There’s no question that chronic stress can be harmful: Tens of thousands of studies in both humans and model organisms decry its effects, demonstrating its role in the development of depression, heart disease, and even cancer.1–3 So why would evolution saddle humans and other animals with such a seemingly detrimental stress response system?
Evolutionary biologists have long hypothesized that the short-term physiological responses to stress help animals survive in life-threatening situations. Indeed, research shows that the canonical stress hormone cortisol increases blood pressure and blood glucose levels to supply energy to the brain and other tissues needed to escape or respond to a challenge, while suppressing nonessential functions like digestion.4 But whether the acute stress response truly improves evolutionary fitness—via enhanced survival or reproduction—has been difficult to demonstrate in wild populations.

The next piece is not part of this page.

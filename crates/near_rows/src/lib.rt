// The rows of the index that a move can change, made right after it.
#![tactic(auto)]

pub mod near;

In a paper published in Science Advances, a research team led by Jacinta Beehner and Susan Perry, anthropologists at the University of Michigan and the University of California, Los Angeles, respectively, provided support for the adaptive nature of the stress response.5 They found that a robust stress response—assessed using profiles of fecal glucocorticoids, which are stress-associated hormones—predicted greater survival of wild white-faced capuchin monkeys during a subsequent period of severe and prolonged drought. Improving scientific understanding of the advantages, in addition to the disadvantages, of a strong stress response may help researchers predict how individuals and populations of animals will cope with environmental change.
In the lab, researchers can test how different individuals respond to the same stimulus and explore how stress reactivity is related to other physiological parameters and health outcomes. In nature, however, finding a stressor that equally impacts many individuals in a population is much more difficult. Moreover, to truly test evolutionary fitness, researchers need to determine how an individual’s stress response impacts the probability of surviving this stressor, but there are serious ethical considerations when it comes to manufacturing these life-and-death situations—especially in the case of primates.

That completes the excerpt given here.